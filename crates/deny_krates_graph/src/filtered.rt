//! The crates that the members reach by edges of all kinds but one.
ghost use Rattle.std.specs.Prelude.{◌≡◌, ◌<◌, ◌^◌, ℕ, IfOk, All, [], length};
ghost use Rattle.deny_krates_graph.specs.Filtered.{AreMarks};
ghost use Rattle.deny_krates_graph.specs.private.OtherLinks.{AreOtherLinks};
ghost use Rattle.deny_krates_graph.specs.private.Reach.{links_at};
ghost use Rattle.deny_spec.specs.Graph.{Graph};

use crate::reach::reach;
use deny_base::{DepKind, Edge};
use deny_base_lists::{List, NoMemory};
use deny_krates_metadata::NeededAs;
use deny_krates_sources::{Link, ResolvedNode};
use std::alloc::Global;

/// Marks for the crates that a member reaches by edges of other kinds than `kind`.
pub fn reached_without(
    alloc: Global,
    members: &[u32],
    edges: &[Edge],
    crates: usize,
    kind: DepKind,
) -> Result<List<bool>, NoMemory>
    requires few { crates < 2 ^ 28 }
    requires members { All (λ place. place < crates) members.now }
    requires parents { All (λ e. e.parent < crates) edges.now }
    requires children { All (λ e. e.child < crates) edges.now }
    ensures { IfOk result (λ marks. (g : Graph) → g.members ≡ members.now → g.edges ≡ edges.now
        → length g.crates ≡ crates → AreMarks kind g marks) }
{
    let rows = other_links(alloc, edges, crates, kind)?;
    reach(alloc, rows.as_slice(), members)
}

// For each crate, by its place, links to the crates that its edges of other kinds than `kind` lead to.
fn other_links(
    alloc: Global,
    edges: &[Edge],
    crates: usize,
    kind: DepKind,
) -> Result<List<ResolvedNode>, NoMemory>
    requires few { crates < 2 ^ 28 }
    requires parents { All (λ e. e.parent < crates) edges.now }
    ensures { IfOk result (AreOtherLinks kind edges.now crates) }
{
    let mut rows = no_links(alloc, crates)?;
    for edge in edges {
        if edge.kind != kind {
            let row = &mut rows[edge.parent as usize];
            row.links.push(Link {
                node: edge.child,
                needed_as: NeededAs {
                    kind: edge.kind,
                    target: None,
                },
            })?;
        }
    }
    Ok(List::from_vec(rows))
}

fn no_links(alloc: Global, crates: usize) -> Result<Vec<ResolvedNode>, NoMemory>
    requires { crates < 2 ^ 28 }
    ensures long { IfOk result (λ rows. length rows.items ≡ crates) }
    ensures empty { IfOk result (λ rows. (place : ℕ) → links_at rows.items place ≡ []) }
{
    let mut rows = Vec::new(alloc);
    'rows: while rows.as_slice().len() < crates {
        let owner = rows.as_slice().len() as u32;
        rows.push(ResolvedNode {
            owner,
            links: List::new(alloc),
        })?;
    }
    Ok(rows)
}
········
A word-for-word copy of all the material is the required answer.

filename crates/deny_krates_graph/src/filtered.rt
//! The crates that the members reach by edges of all kinds but one.
ghost use Rattle.std.specs.Prelude.{◌≡◌, ◌<◌, ◌^◌, ℕ, IfOk, All, [], length};
ghost use Rattle.deny_krates_graph.specs.Filtered.{AreMarks};
ghost use Rattle.deny_krates_graph.specs.private.OtherLinks.{AreOtherLinks};
ghost use Rattle.deny_krates_graph.specs.private.Reach.{links_at};
ghost use Rattle.deny_spec.specs.Graph.{Graph};

use crate::reach::reach;
use deny_base::{DepKind, Edge};
use deny_base_lists::{List, NoMemory};
use deny_krates_metadata::NeededAs;
use deny_krates_sources::{Link, ResolvedNode};
use std::alloc::Global;

/// Marks for the crates that a member reaches by edges of other kinds than `kind`.
pub fn reached_without(
    alloc: Global,
    members: &[u32],
    edges: &[Edge],
    crates: usize,
    kind: DepKind,
) -> Result<List<bool>, NoMemory>
    requires few { crates < 2 ^ 28 }
    requires members { All (λ place. place < crates) members.now }
    requires parents { All (λ e. e.parent < crates) edges.now }
    requires children { All (λ e. e.child < crates) edges.now }
    ensures { IfOk result (λ marks. (g : Graph) → g.members ≡ members.now → g.edges ≡ edges.now
        → length g.crates ≡ crates → AreMarks kind g marks) }
{
    let rows = other_links(alloc, edges, crates, kind)?;
    reach(alloc, rows.as_slice(), members)
}

// For each crate, by its place, links to the crates that its edges of other kinds than `kind` lead to.
fn other_links(
    alloc: Global,
    edges: &[Edge],
    crates: usize,
    kind: DepKind,
) -> Result<List<ResolvedNode>, NoMemory>
    requires few { crates < 2 ^ 28 }
    requires parents { All (λ e. e.parent < crates) edges.now }
    ensures { IfOk result (AreOtherLinks kind edges.now crates) }
{
    let mut rows = no_links(alloc, crates)?;
    for edge in edges {
        if edge.kind != kind {
            let row = &mut rows[edge.parent as usize];
            row.links.push(Link {
                node: edge.child,
                needed_as: NeededAs {
                    kind: edge.kind,
                    target: None,
                },
            })?;
        }
    }
    Ok(List::from_vec(rows))
}

fn no_links(alloc: Global, crates: usize) -> Result<Vec<ResolvedNode>, NoMemory>
    requires { crates < 2 ^ 28 }
    ensures long { IfOk result (λ rows. length rows.items ≡ crates) }
    ensures empty { IfOk result (λ rows. (place : ℕ) → links_at rows.items place ≡ []) }
{
    let mut rows = Vec::new(alloc);
    'rows: while rows.as_slice().len() < crates {
        let owner = rows.as_slice().len() as u32;
        rows.push(ResolvedNode {
            owner,
            links: List::new(alloc),
        })?;
    }
    Ok(rows)
}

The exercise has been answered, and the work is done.